Please return all of the data exactly as written.

• **Source data**

■ ■ ■ ■

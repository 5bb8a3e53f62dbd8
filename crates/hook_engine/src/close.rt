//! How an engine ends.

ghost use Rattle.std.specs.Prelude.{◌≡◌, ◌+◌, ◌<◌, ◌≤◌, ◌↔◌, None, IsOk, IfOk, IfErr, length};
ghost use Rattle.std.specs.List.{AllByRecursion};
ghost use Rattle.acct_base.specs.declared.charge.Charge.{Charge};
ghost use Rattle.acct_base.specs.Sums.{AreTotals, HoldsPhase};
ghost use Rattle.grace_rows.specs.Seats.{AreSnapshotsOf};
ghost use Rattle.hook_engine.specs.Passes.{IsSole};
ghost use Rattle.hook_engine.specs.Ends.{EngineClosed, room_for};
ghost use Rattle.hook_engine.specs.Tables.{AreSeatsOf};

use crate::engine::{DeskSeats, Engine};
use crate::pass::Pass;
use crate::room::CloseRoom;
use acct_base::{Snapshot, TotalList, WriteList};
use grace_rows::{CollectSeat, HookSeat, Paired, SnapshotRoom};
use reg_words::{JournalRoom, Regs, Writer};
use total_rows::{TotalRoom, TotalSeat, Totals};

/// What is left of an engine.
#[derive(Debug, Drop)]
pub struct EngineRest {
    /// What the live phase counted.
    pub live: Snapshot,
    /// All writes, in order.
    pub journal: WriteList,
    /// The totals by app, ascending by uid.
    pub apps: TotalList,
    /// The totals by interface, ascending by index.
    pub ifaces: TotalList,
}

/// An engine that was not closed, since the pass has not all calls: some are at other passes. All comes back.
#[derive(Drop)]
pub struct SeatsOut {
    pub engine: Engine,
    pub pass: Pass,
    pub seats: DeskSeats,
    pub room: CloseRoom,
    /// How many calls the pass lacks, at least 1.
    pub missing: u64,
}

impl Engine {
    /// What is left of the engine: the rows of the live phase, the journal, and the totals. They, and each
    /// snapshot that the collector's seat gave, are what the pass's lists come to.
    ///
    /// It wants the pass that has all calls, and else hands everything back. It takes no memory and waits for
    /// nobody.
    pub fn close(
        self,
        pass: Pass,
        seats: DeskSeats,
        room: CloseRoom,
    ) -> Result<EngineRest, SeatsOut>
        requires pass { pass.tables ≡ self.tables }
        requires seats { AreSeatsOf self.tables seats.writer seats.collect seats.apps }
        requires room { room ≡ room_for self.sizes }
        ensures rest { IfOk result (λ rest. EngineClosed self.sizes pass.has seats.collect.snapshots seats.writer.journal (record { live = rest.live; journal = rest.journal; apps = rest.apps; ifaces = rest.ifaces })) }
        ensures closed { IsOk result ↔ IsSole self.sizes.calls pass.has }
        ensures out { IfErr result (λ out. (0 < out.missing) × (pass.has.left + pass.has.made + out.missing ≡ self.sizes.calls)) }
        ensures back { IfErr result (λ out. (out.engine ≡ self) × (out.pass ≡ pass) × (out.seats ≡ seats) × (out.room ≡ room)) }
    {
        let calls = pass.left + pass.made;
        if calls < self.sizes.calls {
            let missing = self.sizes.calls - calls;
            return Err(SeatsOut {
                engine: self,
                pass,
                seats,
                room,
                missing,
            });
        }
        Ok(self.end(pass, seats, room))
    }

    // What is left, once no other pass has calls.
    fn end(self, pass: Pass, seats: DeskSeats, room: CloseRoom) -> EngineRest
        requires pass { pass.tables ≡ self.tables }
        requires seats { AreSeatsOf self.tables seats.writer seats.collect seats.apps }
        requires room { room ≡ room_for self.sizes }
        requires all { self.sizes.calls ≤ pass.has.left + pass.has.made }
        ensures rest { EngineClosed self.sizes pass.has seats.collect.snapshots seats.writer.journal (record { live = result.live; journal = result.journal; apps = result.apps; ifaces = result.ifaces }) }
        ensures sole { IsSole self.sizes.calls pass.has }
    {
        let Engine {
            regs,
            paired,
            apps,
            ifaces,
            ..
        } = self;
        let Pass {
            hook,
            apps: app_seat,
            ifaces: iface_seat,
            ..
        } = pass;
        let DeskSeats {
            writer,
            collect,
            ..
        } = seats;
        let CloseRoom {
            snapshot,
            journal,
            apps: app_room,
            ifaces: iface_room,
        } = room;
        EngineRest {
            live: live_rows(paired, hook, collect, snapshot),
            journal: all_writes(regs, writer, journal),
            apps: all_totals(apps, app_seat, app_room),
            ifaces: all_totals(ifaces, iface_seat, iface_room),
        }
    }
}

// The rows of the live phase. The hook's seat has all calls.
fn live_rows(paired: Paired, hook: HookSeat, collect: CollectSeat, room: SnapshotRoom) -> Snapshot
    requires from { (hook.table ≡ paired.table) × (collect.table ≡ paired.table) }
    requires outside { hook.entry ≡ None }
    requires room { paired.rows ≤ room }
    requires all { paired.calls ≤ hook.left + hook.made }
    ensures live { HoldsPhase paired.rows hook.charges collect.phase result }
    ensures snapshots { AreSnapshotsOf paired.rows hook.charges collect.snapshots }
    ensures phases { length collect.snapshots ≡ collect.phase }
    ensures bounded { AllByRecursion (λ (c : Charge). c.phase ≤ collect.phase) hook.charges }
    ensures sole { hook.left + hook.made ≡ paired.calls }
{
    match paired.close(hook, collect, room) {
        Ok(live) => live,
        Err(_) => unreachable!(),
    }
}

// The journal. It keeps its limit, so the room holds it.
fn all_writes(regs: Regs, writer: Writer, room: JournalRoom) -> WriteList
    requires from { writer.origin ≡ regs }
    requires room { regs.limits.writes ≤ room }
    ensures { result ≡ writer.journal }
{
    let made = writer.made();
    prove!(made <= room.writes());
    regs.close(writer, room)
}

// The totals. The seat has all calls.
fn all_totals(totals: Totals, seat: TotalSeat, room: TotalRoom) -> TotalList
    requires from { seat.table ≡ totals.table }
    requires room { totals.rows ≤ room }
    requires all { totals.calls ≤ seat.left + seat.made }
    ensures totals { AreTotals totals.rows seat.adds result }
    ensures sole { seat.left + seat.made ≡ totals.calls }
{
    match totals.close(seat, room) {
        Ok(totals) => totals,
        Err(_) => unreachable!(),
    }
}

■ ■ ■ ■

• **Written response**
repository 5bb8a3e53f62dbd8
filename crates/hook_engine/src/close.rt
//! How an engine ends.

ghost use Rattle.std.specs.Prelude.{◌≡◌, ◌+◌, ◌<◌, ◌≤◌, ◌↔◌, None, IsOk, IfOk, IfErr, length};
ghost use Rattle.std.specs.List.{AllByRecursion};
ghost use Rattle.acct_base.specs.declared.charge.Charge.{Charge};
ghost use Rattle.acct_base.specs.Sums.{AreTotals, HoldsPhase};
ghost use Rattle.grace_rows.specs.Seats.{AreSnapshotsOf};
ghost use Rattle.hook_engine.specs.Passes.{IsSole};
ghost use Rattle.hook_engine.specs.Ends.{EngineClosed, room_for};
ghost use Rattle.hook_engine.specs.Tables.{AreSeatsOf};

use crate::engine::{DeskSeats, Engine};
use crate::pass::Pass;
use crate::room::CloseRoom;
use acct_base::{Snapshot, TotalList, WriteList};
use grace_rows::{CollectSeat, HookSeat, Paired, SnapshotRoom};
use reg_words::{JournalRoom, Regs, Writer};
use total_rows::{TotalRoom, TotalSeat, Totals};

/// What is left of an engine.
#[derive(Debug, Drop)]
pub struct EngineRest {
    /// What the live phase counted.
    pub live: Snapshot,
    /// All writes, in order.
    pub journal: WriteList,
    /// The totals by app, ascending by uid.
    pub apps: TotalList,
    /// The totals by interface, ascending by index.
    pub ifaces: TotalList,
}

/// An engine that was not closed, since the pass has not all calls: some are at other passes. All comes back.
#[derive(Drop)]
pub struct SeatsOut {
    pub engine: Engine,
    pub pass: Pass,
    pub seats: DeskSeats,
    pub room: CloseRoom,
    /// How many calls the pass lacks, at least 1.
    pub missing: u64,
}

impl Engine {
    /// What is left of the engine: the rows of the live phase, the journal, and the totals. They, and each
    /// snapshot that the collector's seat gave, are what the pass's lists come to.
    ///
    /// It wants the pass that has all calls, and else hands everything back. It takes no memory and waits for
    /// nobody.
    pub fn close(
        self,
        pass: Pass,
        seats: DeskSeats,
        room: CloseRoom,
    ) -> Result<EngineRest, SeatsOut>
        requires pass { pass.tables ≡ self.tables }
        requires seats { AreSeatsOf self.tables seats.writer seats.collect seats.apps }
        requires room { room ≡ room_for self.sizes }
        ensures rest { IfOk result (λ rest. EngineClosed self.sizes pass.has seats.collect.snapshots seats.writer.journal (record { live = rest.live; journal = rest.journal; apps = rest.apps; ifaces = rest.ifaces })) }
        ensures closed { IsOk result ↔ IsSole self.sizes.calls pass.has }
        ensures out { IfErr result (λ out. (0 < out.missing) × (pass.has.left + pass.has.made + out.missing ≡ self.sizes.calls)) }
        ensures back { IfErr result (λ out. (out.engine ≡ self) × (out.pass ≡ pass) × (out.seats ≡ seats) × (out.room ≡ room)) }
    {
        let calls = pass.left + pass.made;
        if calls < self.sizes.calls {
            let missing = self.sizes.calls - calls;
            return Err(SeatsOut {
                engine: self,
                pass,
                seats,
                room,
                missing,
            });
        }
        Ok(self.end(pass, seats, room))
    }

    // What is left, once no other pass has calls.
    fn end(self, pass: Pass, seats: DeskSeats, room: CloseRoom) -> EngineRest
        requires pass { pass.tables ≡ self.tables }
        requires seats { AreSeatsOf self.tables seats.writer seats.collect seats.apps }
        requires room { room ≡ room_for self.sizes }
        requires all { self.sizes.calls ≤ pass.has.left + pass.has.made }
        ensures rest { EngineClosed self.sizes pass.has seats.collect.snapshots seats.writer.journal (record { live = result.live; journal = result.journal; apps = result.apps; ifaces = result.ifaces }) }
        ensures sole { IsSole self.sizes.calls pass.has }
    {
        let Engine {
            regs,
            paired,
            apps,
            ifaces,
            ..
        } = self;
        let Pass {
            hook,
            apps: app_seat,
            ifaces: iface_seat,
            ..
        } = pass;
        let DeskSeats {
            writer,
            collect,
            ..
        } = seats;
        let CloseRoom {
            snapshot,
            journal,
            apps: app_room,
            ifaces: iface_room,
        } = room;
        EngineRest {
            live: live_rows(paired, hook, collect, snapshot),
            journal: all_writes(regs, writer, journal),
            apps: all_totals(apps, app_seat, app_room),
            ifaces: all_totals(ifaces, iface_seat, iface_room),
        }
    }
}

// The rows of the live phase. The hook's seat has all calls.
fn live_rows(paired: Paired, hook: HookSeat, collect: CollectSeat, room: SnapshotRoom) -> Snapshot
    requires from { (hook.table ≡ paired.table) × (collect.table ≡ paired.table) }
    requires outside { hook.entry ≡ None }
    requires room { paired.rows ≤ room }
    requires all { paired.calls ≤ hook.left + hook.made }
    ensures live { HoldsPhase paired.rows hook.charges collect.phase result }
    ensures snapshots { AreSnapshotsOf paired.rows hook.charges collect.snapshots }
    ensures phases { length collect.snapshots ≡ collect.phase }
    ensures bounded { AllByRecursion (λ (c : Charge). c.phase ≤ collect.phase) hook.charges }
    ensures sole { hook.left + hook.made ≡ paired.calls }
{
    match paired.close(hook, collect, room) {
        Ok(live) => live,
        Err(_) => unreachable!(),
    }
}

// The journal. It keeps its limit, so the room holds it.
fn all_writes(regs: Regs, writer: Writer, room: JournalRoom) -> WriteList
    requires from { writer.origin ≡ regs }
    requires room { regs.limits.writes ≤ room }
    ensures { result ≡ writer.journal }
{
    let made = writer.made();
    prove!(made <= room.writes());
    regs.close(writer, room)
}

// The totals. The seat has all calls.
fn all_totals(totals: Totals, seat: TotalSeat, room: TotalRoom) -> TotalList
    requires from { seat.table ≡ totals.table }
    requires room { totals.rows ≤ room }
    requires all { totals.calls ≤ seat.left + seat.made }
    ensures totals { AreTotals totals.rows seat.adds result }
    ensures sole { seat.left + seat.made ≡ totals.calls }
{
    match totals.close(seat, room) {
        Ok(totals) => totals,
        Err(_) => unreachable!(),
    }
}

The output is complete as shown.